The urge to hit himself with the pillows lessened. Jamil moved onto his stomach, and copied your position, propping his chin on the pile. “Is there something wrong with your bed?”
You put your phone down. “Weather’s getting hotter and I still don’t have a working air con. It gets so humid at night that I sweat through the night. Can barely get more than three hours of sleep at a time.”
…of course the headmage would neglect to give you something as simple as a stable heating and cooling. Leave it to him to ignore your problems while he goes off doing whatever else. Probably binge watching an old drama that’s not even any good.
“I can’t imagine it’s been easy to deal with. Though, I have to ask, why my bed? You have others that you’re closer to, don’t you?”
Others such as Ace and Deuce, but Jamil didn’t want to say their names. It’s childish but he doesn’t want to see if your eyes light up at their mere mention.
You stretched your spine and settled down. “Yeah I know other people, but–how do I say this–they’ll make it weird.”
Weird? Like how Jamil preparing everything from the lights, to the blankets and even stuffing his drawer with extra wipes just in case wasn’t weird? What?
“Wait, what you mean by weird?” Now Jamil’s worried. Did something happen for you to say that? Did someone do something to you?
You waved off his concern. “Well, see, originally I was just going to ask Rook since he doesn’t mind sharing spaces with anyone, but he’s also very into cuddling and I’m not in the mood for that.”
“That’s true, he’s very open about that kind of thin–wait you cuddled him before?” Since when?
“Cuddled him plenty of times.
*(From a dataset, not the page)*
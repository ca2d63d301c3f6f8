// Demand 3 in one record over any rule book, that ours meets it, and that wrong ones do not. No code.
#![tactic(auto)]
Rook gives the best hugs without trying to flirt with me. Anyways, Rook wasn’t an option, and neither are Ace and Deuce since there’s no room to spare. There was Leona but after that whole ordeal with Azul, I really don’t want to go back there. And as for asking Azul himself… I feel like he’d charge me for that. So, here I am.”
Oh. Well, when putting it like that, it does make sense doesn’t it? So long as you don’t figure out exactly what went through his head when you asked. He’ll just keep quiet about that.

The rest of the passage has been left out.